Upton Daniel J, McQueen-Mason Simon J, Wood A Jamie
1Department of Biology, University of York, Wentworth Way, York, YO10 5DD UK.
2Department of Mathematics, University of York, Heslington, York, YO10 5DD UK.
Biotechnol Biofuels. 2020 Feb 24;13:27. doi: 10.1186/s13068-020-01678-z. eCollection 2020.
The fungus r is an important industrial organism for citric acid fermentation; one of the most efficient biotechnological processes. Previously we introduced a dynamic model that captures this process in the industrially relevant batch fermentation setting, providing a more accurate predictive platform to guide targeted engineering. In this article we exploit this dynamic modelling framework, coupled with a robust genetic algorithm for the in silico evolution of organic acid production, to provide solutions to complex evolutionary goals involving a multiplicity of targets and beyond the reach of simple Boolean gene deletions. We base this work on the latest metabolic models of the parent citric acid producing strain ATCC1015 dedicated to organic acid production with the required exhaustive genomic coverage needed to perform exploratory in silico evolution.

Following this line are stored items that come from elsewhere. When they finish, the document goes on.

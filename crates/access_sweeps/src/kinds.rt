//! Accumulates that may overlap (after MPI 3.1, section 11.7).
ghost use Rattle.std.specs.Prelude.{◌≡◌};
ghost use Rattle.call_rules.specs.Sameness.{is_same_dtype, is_same_op};
ghost use Rattle.access_sweeps.specs.Labels.{do_stand as do_labels_stand, is_same_label, is_same_operation as are_one};
ghost use Rattle.access_sweeps.specs.Labels.{label_of as label_by};

use rma_types::{Access, Dtype, Kind, Op};

/// What two accumulates or cas have in common that may overlap: the window and the datatype, and where it counts the
/// operation. A cas has none.
#[derive(Clone, Copy, Debug)]
pub struct Label {
    pub window: u32,
    pub dtype: Dtype,
    pub op: Option<Op>,
}

/// The label of an accumulate or a cas, with its operation where that counts.
pub fn label_of(access: &Access, by_operation: bool) -> Option<Label>
    ensures { result ≡ label_by by_operation access.now }
{
    let window = access.window;
    match access.kind {
        Kind::Acc { op, dtype } => {
            let op = if by_operation { Some(op) } else { None };
            Some(Label { window, dtype, op })
        }
        Kind::Cas { dtype } => Some(Label {
            window,
            dtype,
            op: None,
        }),
        Kind::Get | Kind::Put | Kind::Load | Kind::Store => None,
    }
}

fn is_same_datatype(a: Dtype, b: Dtype) -> bool
    ensures { result ≡ is_same_dtype a b }
{
    a == b
}

fn is_one_operation(a: Op, b: Op) -> bool
    ensures { result ≡ is_same_op a b }
{
    a == b
}

fn is_same_operation(a: Option<Op>, b: Option<Op>) -> bool
    ensures { result ≡ are_one a b }
{
    match (a, b) {
        (None, None) => true,
        (Some(a), Some(b)) => is_one_operation(a, b),
        (None, Some(_)) | (Some(_), None) => false,
    }
}

fn is_same(a: Label, b: Label) -> bool
    ensures { result ≡ is_same_label a b }
{
    a.window == b.window && is_same_datatype(a.dtype, b.dtype) && is_same_operation(a.op, b.op)
}

/// Whether two accesses of these labels may overlap: both have one, and it is the same.
pub fn do_stand(a: Option<Label>, b: Option<Label>) -> bool
    ensures { result ≡ do_labels_stand a b }
{
    match (a, b) {
        (Some(a), Some(b)) => is_same(a, b),
        (None, _) | (_, None) => false,
    }
}
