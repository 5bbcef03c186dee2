//! The entries of the tables in a space.

ghost use Rattle.std.specs.Prelude.{◌≡◌, ◌<◌, IsTrue, IfOk, OnOk, ⊤};
ghost use Rattle.save_bytes.specs.State.{State};
ghost use Rattle.save_bytes.specs.Stays.{SameCells};
ghost use Rattle.entry_tables.specs.declared.table.EntryKind.TheVariants.{Dir, File};
ghost use Rattle.save_bytes.specs.Answers.{IsReady};
ghost use Rattle.save_bytes.specs.Refusals.{IfDamaged};
ghost use Rattle.save_bytes.specs.Writes.{IsWithin};
ghost use Rattle.entry_tables.specs.Kinds.{table_number, bucket_table};
ghost use Rattle.entry_tables.specs.Hash.{bucket_number};
ghost use Rattle.entry_tables.specs.Tables.{HasEntry, info_of};
ghost use Rattle.entry_tables.specs.Used.{used_entries};
ghost use Rattle.entry_tables.specs.Rules.{HasFreedList, HasBucketLists, IsOrderly};
ghost use Rattle.entry_tables.specs.Words.{with_fields};
ghost use Rattle.entry_tables.specs.Fails.{NamesWrongly, IsBrokenBucket, RuleFailsAt};
ghost use Rattle.entry_tables.specs.Layout.{HasCounts, HasEntryTables, HasLink, BlamesTable};
ghost use Rattle.entry_tables.specs.Causes.{bad_of, IfRuleBroken, HasEntryCause};
ghost use Rattle.entry_tables.specs.Changes.{CanChangeTables};
ghost use Rattle.entry_additions.specs.Additions.{IfNoEntry, MayAdd, HasAdditionCause, HasAdditionBytes};
ghost use Rattle.entry_additions.specs.Results.{IsAddedTo, IsAdditionSite};
ghost use Rattle.entry_changes.specs.Bytes.{OkOrDisk, HaveSoftened, HasRemovalBytes};
ghost use Rattle.entry_changes.specs.Lacks.{IsTakenOut, IsRemovalSite};
ghost use Rattle.entry_changes.specs.Plans.{HasChangeCause, MayRemove, IsRemovalReady};
ghost use Rattle.name_buckets.specs.Replies.{IsFoundEntry, IsRoom, IsFirstChild, IsNextChild};
ghost use Rattle.name_buckets.specs.Held.{space_of, tables_of, place_of, HoldsTables, TellsTableOf, IsEntriesIn, ReadsEntries};
ghost use Rattle.name_buckets.specs.Held.{CanChange, fields_place, ChangesEntries};

use crate::find::find_in;
use crate::free::free_in;
use entry_additions::{NewEntry, add_in, ready_add_in};
use entry_changes::{ready_remove_in, remove_in};
use entry_tables::{
    Counts, EntryFault, EntryKind, FileFields, TableInfo, counts_in, fields_in, head_in, link_in,
    name_in, set_fields_in, word_in,
};
use save_bytes::{Name, Space};

/// The entries of the two tables in a space, with their buckets.
///
/// A call is refused with `Bad` as the space refuses it: for a damaged cell only where that cell is needed, which are
/// entry 0 of a table, its buckets, its used entries and the last words of the freed ones. Where the rule does not hold
/// by which a list is followed, the cell is one of the table or its buckets. A call is refused with `Broken` only where
/// a rule fails at the entry, or the bucket, that it names. Over a space that tells nothing each call is
/// safe, and returns.
///
/// What is said of an entry's fields is said of entries from 1 below the most of their table. Another number is read as
/// if it were an entry where it lies in the space, and as zeros where it does not.
#[derive(Drop)]
pub struct Entries<'a, S: Space> {
    space: &'a mut S,
    dirs: TableInfo,
    files: TableInfo,
}
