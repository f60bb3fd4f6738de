// Splitting and merging in a panel that was judged good, `deep` its depth. These are no public calls: a caller judges first.
#![tactic(auto)]

ghost use Rattle.std.specs.Prelude.{◌≡◌, ◌<◌};
ghost use Rattle.nodes.specs.Depth.{depth_of};
ghost use Rattle.answers.specs.Refusals.{answer_number, answer_ancestor};
ghost use Rattle.tables.specs.inner.Says.{Says};
ghost use Rattle.panel.specs.Panels.{deep_of, Good, LeafOf};
ghost use Rattle.panel.specs.Calls.{Ancestor, Split, Together, Merge};

use answers::Refusal;
use cutting::{merge_leaves, split_leaf};
use leaves::{is_leaf, leaf_beside, tested};
use nodes::Node;
use pinning::unpinned;

// Splits leaf k: 0, or refusal 3, 4, 10 or 5 and no byte written.
pub fn split(panel: &mut [u8], deep: usize, k: Node) -> Result<(), Refusal>
    requires { Good panel.old × (deep ≡ deep_of panel.old) }
    ensures split { Split panel.old k.0 (answer_number result) panel.new }
    ensures ancestor { Ancestor panel.old k.0 (answer_number result) (answer_ancestor result) }
{
    tested(panel, deep, k)?;
    if nodes::depth(k) as usize >= deep {
        return Err(Refusal::AtGreatestDepth);
    }
    split_leaf(panel, deep, k);
    Ok(())
}

// Whether the leaves are there that a merge of leaf k needs: its sibling and, where the parent's edge neighbour is a node,
// both that one's children. At the border there is no pair across to test.
fn together(panel: &[u8], deep: usize, k: Node) -> bool
    requires { Good panel.now × (deep ≡ deep_of panel.now) × LeafOf panel.now k.0 × (1 < depth_of k.0) }
    ensures { Says (Together panel.now k.0) result }
{
    let q = k.0 / 2;
    if !leaf_beside(panel, deep, Node(4 * q + 1 - k.0)) {
        return false;
    }
    let e = nodes::edge_of(Node(q));
    e == 0 || is_leaf(panel, deep, Node(2 * e)) && leaf_beside(panel, deep, Node(2 * e + 1))
}

// Merges leaf k: 0, or refusal 3, 4, 10, 6, 7 or 11 and no byte written.
pub fn merge(panel: &mut [u8], deep: usize, k: Node) -> Result<(), Refusal>
    requires { Good panel.old × (deep ≡ deep_of panel.old) }
    ensures merge { Merge panel.old k.0 (answer_number result) panel.new }
    ensures ancestor { Ancestor panel.old k.0 (answer_number result) (answer_ancestor result) }
{
    tested(panel, deep, k)?;
    if nodes::depth(k) <= 1 {
        return Err(Refusal::AtDepthOne);
    }
    if !together(panel, deep, k) {
        return Err(Refusal::LeavesMissing);
    }
    if !unpinned(panel, deep, k) {
        return Err(Refusal::LeafPinned);
    }
    merge_leaves(panel, deep, k);
    Ok(())
}
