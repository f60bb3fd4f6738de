// Opening a lent panel: the call `open`.
#![tactic(auto)]

ghost use Rattle.answers.specs.Refusals.{answer_number};
ghost use Rattle.tables.specs.inner.Says.{Says};
ghost use Rattle.panel.specs.Panels.{Fits};
ghost use Rattle.panel.specs.Calls.{Fresh, Open};

use answers::Refusal;
use nodes::{GREATEST_DEPTH, LEAST_DEPTH};
use panel::size;

// Whether a panel of this depth has this length.
fn fits(panel: &[u8], depth: u32) -> bool
    ensures { Says (Fits panel.now depth) result }
{
    let deep = depth as usize;
    (LEAST_DEPTH..=GREATEST_DEPTH).contains(&deep) && panel.len() == size(deep)
}

// Writes the good panel whose only cut is node 1: its leaves are 2 and 3.
pub fn make_fresh(panel: &mut [u8], deep: usize)
    requires { Fits panel.old deep }
    ensures { Fresh deep panel.new }
{
    panel.fill(0);
    words::put_word(panel, deep, 0, deep as u32);
    words::put_leaf_bit(panel, deep, 0, 1);
    words::put_leaf_bit(panel, deep, 1usize << (deep - 1), 1);
    making::make_sums(panel, deep);
}

// Opens the panel: writes every byte of it, or refuses with 1 and writes none.
pub fn open(panel: &mut [u8], depth: u32) -> Result<(), Refusal>
    ensures { Open panel.old depth (answer_number result) panel.new }
{
    if !fits(panel, depth) {
        return Err(Refusal::WrongLength);
    }
    make_fresh(panel, depth as usize);
    Ok(())
}
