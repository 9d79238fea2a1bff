//! Reading ORDER BY.

ghost use Rattle.std.specs.Prelude.{◌≡◌, ◌<◌, ◌≤◌, map, length, IfOk, Ok};
ghost use Rattle.query_checks.specs.Order.{target_of, term_of};
ghost use Rattle.query_grammar.specs.Arrangement.{target_at, direction_at, first_or_last, nulls_at, order_at};
ghost use Rattle.group_parser.specs.Views.{lexemes, Gives};

use crate::cursor::{after_word, expect_word};
use crate::fault::{Read, ReadError};
use crate::lists::{Listed, list};
use having_filter::{OrderBy, RawTerm};
use query_tokens::{Token, Word, is_reserved};
use std::alloc::Global;

/// The name or the place of an item.
#[tactic(auto, unfolding(query_grammar::specs::Arrangement::target_at))]
fn target<'a>(alloc: Global, tokens: &'a [Token]) -> Read<'a, OrderBy>
    ensures read { Gives (λ x. (target_of x.0, lexemes x.1.now)) result
        (target_at (lexemes tokens.now)) }
    ensures shorter { IfOk result (λ x. length x.1.now < length tokens.now) }
{
    match tokens {
        [first, rest @ ..] => match &first.word {
            Word::Name(name) => {
                if is_reserved(name.as_str()) {
                    return Err(ReadError::Unexpected(tokens.len()));
                }
                Ok((OrderBy::Name(String::from_str(alloc, name.as_str())?), rest))
            }
            Word::Integer(place) => Ok((OrderBy::Place(*place), rest)),
            _ => Err(ReadError::Unexpected(tokens.len())),
        },
        _ => Err(ReadError::Unexpected(tokens.len())),
    }
}

/// Whether DESC stands here, or else ASC or nothing.
#[tactic(auto, unfolding(query_grammar::specs::Arrangement::direction_at))]
fn direction(tokens: &[Token]) -> (bool, &[Token])
    ensures read { direction_at (lexemes tokens.now) ≡ Ok (result.0, lexemes result.1.now) }
    ensures shorter { length result.1.now ≤ length tokens.now }
{
    if let Some(rest) = after_word(tokens, "desc") {
        return (true, rest);
    }
    if let Some(rest) = after_word(tokens, "asc") {
        return (false, rest);
    }
    (false, tokens)
}

/// What stands after NULLS: whether they come first.
#[tactic(auto, unfolding(query_grammar::specs::Arrangement::first_or_last))]
fn first_or_last(tokens: &[Token]) -> Read<'_, Option<bool>>
    ensures read { Gives (λ x. (x.0, lexemes x.1.now)) result (first_or_last (lexemes tokens.now)) }
    ensures shorter { IfOk result (λ x. length x.1.now < length tokens.now) }
{
    if let Some(rest) = after_word(tokens, "first") {
        return Ok((Some(true), rest));
    }
    if let Some(rest) = after_word(tokens, "last") {
        return Ok((Some(false), rest));
    }
    Err(ReadError::Unexpected(tokens.len()))
}

/// Whether nulls come first, if the term has NULLS.
#[tactic(auto, unfolding(query_grammar::specs::Arrangement::nulls_at))]
fn nulls(tokens: &[Token]) -> Read<'_, Option<bool>>
    ensures read { Gives (λ x. (x.0, lexemes x.1.now)) result (nulls_at (lexemes tokens.now)) }
    ensures shorter { IfOk result (λ x. length x.1.now ≤ length tokens.now) }
{
    match after_word(tokens, "nulls") {
        Some(behind) => first_or_last(behind),
        None => Ok((None, tokens)),
    }
}

/// A term of ORDER BY.
impl Listed for RawTerm {
    ghost use Rattle.std.specs.Prelude.{length, ◌<◌};
    ghost use Rattle.query_checks.specs.Order.{Term, term_of};
    ghost use Rattle.query_grammar.specs.Arrangement.{term_at};
    ghost use Rattle.query_grammar.specs.Lemmas.Whole_locality.{terms_stay};

    ghost Said = { Term };

    ghost said = { term_of };

    ghost one_at = { term_at };

    #[tactic(auto, unfolding(query_grammar::specs::Arrangement::term_at))]
    fn read<'a>(alloc: Global, tokens: &'a [Token]) -> Read<'a, RawTerm> {
        let (target, rest) = target(alloc, tokens)?;
        let (descending, rest) = direction(rest);
        let (nulls_first, rest) = nulls(rest)?;
        Ok((
            RawTerm {
                target,
                descending,
                nulls_first,
            },
            rest,
        ))
    }

    ghost stays = { terms_stay };
}

/// The terms of ORDER BY, or none.
#[tactic(auto, unfolding(query_grammar::specs::Arrangement::order_at))]
pub(crate) fn order<'a>(alloc: Global, tokens: &'a [Token]) -> Read<'a, Vec<RawTerm>>
    ensures { Gives (λ x. (map term_of x.0.items, lexemes x.1.now)) result
        (order_at (lexemes tokens.now)) }
{
    match after_word(tokens, "order") {
        Some(behind) => {
            let behind = expect_word(behind, "by")?;
            list(alloc, behind)
        }
        None => Ok((Vec::new(alloc), tokens)),
    }
}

With the use of our informed evolutionary framework, we demonstrate targeted changes that induce a complete switch of acid output from citric to numerous different commercially valuable target organic acids including succinic acid. We highlight the key changes in flux patterns that occur in each case, suggesting potentially valuable targets for engineering. We also show that optimum acid productivity is achieved through a balance of organic acid and biomass production, requiring finely tuned flux constraints that give a growth rate optimal for productivity.
This study shows how a genome-scale metabolic model can be integrated with dynamic modelling and metaheuristic algorithms to provide solutions to complex metabolic engineering goals of industrial importance. This framework for in silico guided engineering, based on the dynamic batch growth relevant to industrial processes, offers considerable potential for future endeavours focused on the engineering of organisms to produce valuable products.
真菌r是柠檬酸发酵的重要工业生物体,柠檬酸发酵是最有效的生物技术过程之一。此前我们引入了一个动态模型,该模型在工业相关的分批发酵环境中捕捉这一过程,提供了一个更准确的预测平台来指导定向工程。在本文中,我们利用这个动态建模框架,结合一种强大的遗传算法进行有机酸生产的计算机模拟进化,以解决涉及多个目标且超出简单布尔基因删除范围的复杂进化目标。我们的工作基于产柠檬酸亲本菌株ATCC1015的最新代谢模型,该模型致力于有机酸生产,具有进行探索性计算机模拟进化所需的详尽基因组覆盖范围。
通过使用我们的智能进化框架,我们展示了诱导酸输出从柠檬酸完全转变为多种不同商业上有价值的目标有机酸(包括琥珀酸)的定向变化。我们突出了每种情况下通量模式的关键变化,暗示了潜在有价值的工程靶点。我们还表明,通过有机酸和生物质生产的平衡可实现最佳酸生产率,这需要精细调整通量约束,以给出对生产率而言最优的生长速率。
本研究展示了如何将基因组规模代谢模型与动态建模和元启发式算法相结合,以解决具有工业重要性的复杂代谢工程目标。这个基于与工业过程相关的动态分批生长的计算机模拟指导工程框架,为未来致力于工程改造生物体以生产有价值产品的努力提供了巨大潜力。